Racconti, riflessioni ed emozioni

È come se vivessi soltanto due ore al giorno ed il tempo scorresse indifferente, incurante di ciò che lascia dietro di sé, ignaro di tutto ciò che esiste al di là del limite di questo spazio ristretto, troppo piccolo per contenere una vita che voglia essere vissuta .

È come se vivessi soltanto due ore al giorno ed il resto del tempo lo trascorressi inseguendo gli attimi che inesorabili si susseguono senza riuscire ad afferrarli per custodirli tra i ricordi più belli.

È come se vivessi soltanto due ore al giorno, ed il tempo mi sembra troppo breve per essere vissuto, e troppo lungo per aspettare ancora.

È come se vivessi soltanto due ore al giorno e non riuscissi a dare un senso al tempo che rimane, e a quello già passato scivolato via così, mentre il presente sfugge e si allontana .

Mi rivedo in un’ immagine suscitata dall’ascolto di un brano musicale qualche anno fa. Sono da sola, ferma al centro di un ponte su un lago, in un luogo a me caro. C’è il sole, ma improvvisamente il cielo si oscura e incomincia a piovere. Incerta sulla direzione da scegliere, io non mi muovo, non provo nemmeno a cercare riparo dalla pioggia battente. Un vento gelido sfiora la mia pelle e sembra riuscire ad attraversarla. Ogni muscolo diventa rigido, il respiro si fa lento e pesante. Sento le lacrime salire agli occhi e premere con forza. Con la mano cerco di tamponarle, quasi ad impedirgli di venire giù. Ma mi sento esplodere e non è più possibile trattenere…
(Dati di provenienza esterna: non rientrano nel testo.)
//! The ends of trace lines, after their memory words.

ghost use Rattle.std.specs.Prelude.{◌≡◌, ◌≤◌, ◌∷◌, ◌++◌, [], Some, length};
ghost use Rattle.std.specs.Option.{option_map};
ghost use Rattle.m11_cpu.specs.Messages.{PutsMessages};
ghost use Rattle.m11_trace.specs.Known.{known_of};
ghost use Rattle.m11_trace.specs.Lines as spec;

use crate::known::Known;
use crate::line::{Line, add, add_word, put_text};
use crate::shots::Shot;
use m11_base::Sink;
use m11_base_disassembly::listed_text;
use m11_cpu::SimFault;

// The letter of the condition code with this weight in the processor status word, if that code is set; otherwise a hyphen.
fn code_letter(psw: u16, weight: u16, letter: u8) -> u8
    requires { 1 ≤ weight }
    ensures { result ≡ spec.code_letter psw weight letter }
{
    if psw / weight % 2 == 1 { letter } else { b'-' }
}

// The letters of N, Z, V and C, with a hyphen for each that is clear.
fn code_letters(psw: u16) -> [u8; 4]
    ensures { result ≡ spec.code_letters psw }
{
    [
        code_letter(psw, 0o10, b'N'),
        code_letter(psw, 4, b'Z'),
        code_letter(psw, 2, b'V'),
        code_letter(psw, 1, b'C'),
    ]
}

// The processor status word, with the letters of its condition codes, if the word changed; then these bytes, of which there are at most two.
fn status_and(before: u16, later: u16, bytes: &[u8]) -> Line
    requires { length bytes.now ≤ 2 }
    ensures { result.items ≡ spec.status_change before later ++ bytes.now }
{
    let mut line = Line::new();
    if before != later {
        add_word(&mut line, b"\tPSW ", later);
        add(&mut line, b" ");
        add(&mut line, &code_letters(later));
    }
    add(&mut line, bytes);
    line
}

// The text of the line that shows a step's instruction, if exactly one line of the listings does.
fn listed<'a>(known: Known<'a>, shot: &Shot) -> Option<&'a [u8]>
    ensures { option_map (λ text. text.now) result ≡ spec.listed_at (known_of known.entry) (spec.location_of shot.now) shot.now.fetched.first }
{
    match shot.fetched.first {
        Some(word) => listed_text(known.listings, shot.before.registers[7], word),
        None => None,
    }
}

// Writes a text and a line feed. Error: `Write`, if the sink failed after part of them.
fn put_ended<M: Sink>(messages: &mut M, text: &[u8]) -> Result<(), SimFault>
    ensures { PutsMessages (M.text messages.old) (M.text messages.new) (M.faults messages.old) (M.faults messages.new)
        (text.now ++ 10 ∷ []) result }
{
    put_text(messages, text)?;
    put_text(messages, b"\n")
}

// Writes the end of a trace line with a field for this text of a listing. Error: `Write`, if the sink failed after part of it.
fn put_listed<M: Sink>(
    messages: &mut M,
    before: u16,
    later: u16,
    text: &[u8],
) -> Result<(), SimFault>
    ensures { PutsMessages (M.text messages.old) (M.text messages.new) (M.faults messages.old) (M.faults messages.new)
        (spec.status_change before later ++ (spec.listed_field (Some text.now) ++ 10 ∷ [])) result }
{
    put_text(messages, status_and(before, later, b"\t;").as_slice())?;
    put_ended(messages, text)
}

/// Writes the part of a trace line after its memory words. Error: `Write`, if the sink failed after part of it.
pub(crate) fn put_end<M: Sink>(
    messages: &mut M,
    known: Known<'_>,
    shot: &Shot,
) -> Result<(), SimFault>
    ensures { PutsMessages (M.text messages.old) (M.text messages.new) (M.faults messages.old) (M.faults messages.new)
        (spec.line_end (known_of known.entry) shot.now) result }
{
    let before = shot.before.psw;
    let later = shot.later.psw;
    match listed(known, shot) {
        Some(text) => put_listed(messages, before, later, text),
        None => put_text(messages, status_and(before, later, b"\n").as_slice()),
    }
}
Appena prima della fine di un lungo viaggio è difficile non guardarsi indietro e non avvertire la stanchezza. Sono molti gli interrogativi che ancora rimangono irrisolti, tante le parole che restano sospese, come offuscate da una densa nebbia non consente di vedere con chiarezza, e rallenta il cammino.

Mi soffermo a ripercorrere con la mente il mio tragitto, penso a come tutto è cominciato, e a cosa resterà quando sarà terminato. Chiudo gli occhi e inspiro profondamente. Non è ancora il momento di lasciarsi andare, non è ancora l’ora per potersi abbandonare. Trattengo il fiato, come per paura che anche il più leggero soffio di vento potrebbe dare vita ad una tempesta che forse non sono ancora pronta ad affrontare, ma che so di non poter evitare.

Cerco di tenere a bada gli stati d’animo contrastanti che provo in questo delicato momento di “transizione”. Un’ insolita e nuova forza mi spinge ad andare, mentre vecchi condizionamenti mi inducono a restare. È inevitabile fare i conti con quello che è stato, ed è doveroso porsi domande su quello che sarà, per non cadere negli stessi errori e provare ad essere migliori. È tempo di consuntivi, e vorrei potermi aprire e condividere questo momento, anche se una parte di me sarebbe tentata di chiudersi per non avere distrazioni, e soprattutto per non mostrare le mie debolezze . Mi domando come fare a lasciare aperto il passaggio alle emozioni che non vogliono più frenare la loro intensità. Mi chiedo come poter permettere di entrare a chi avrà voglia di avvicinarsi, senza ferirmi e senza ferire.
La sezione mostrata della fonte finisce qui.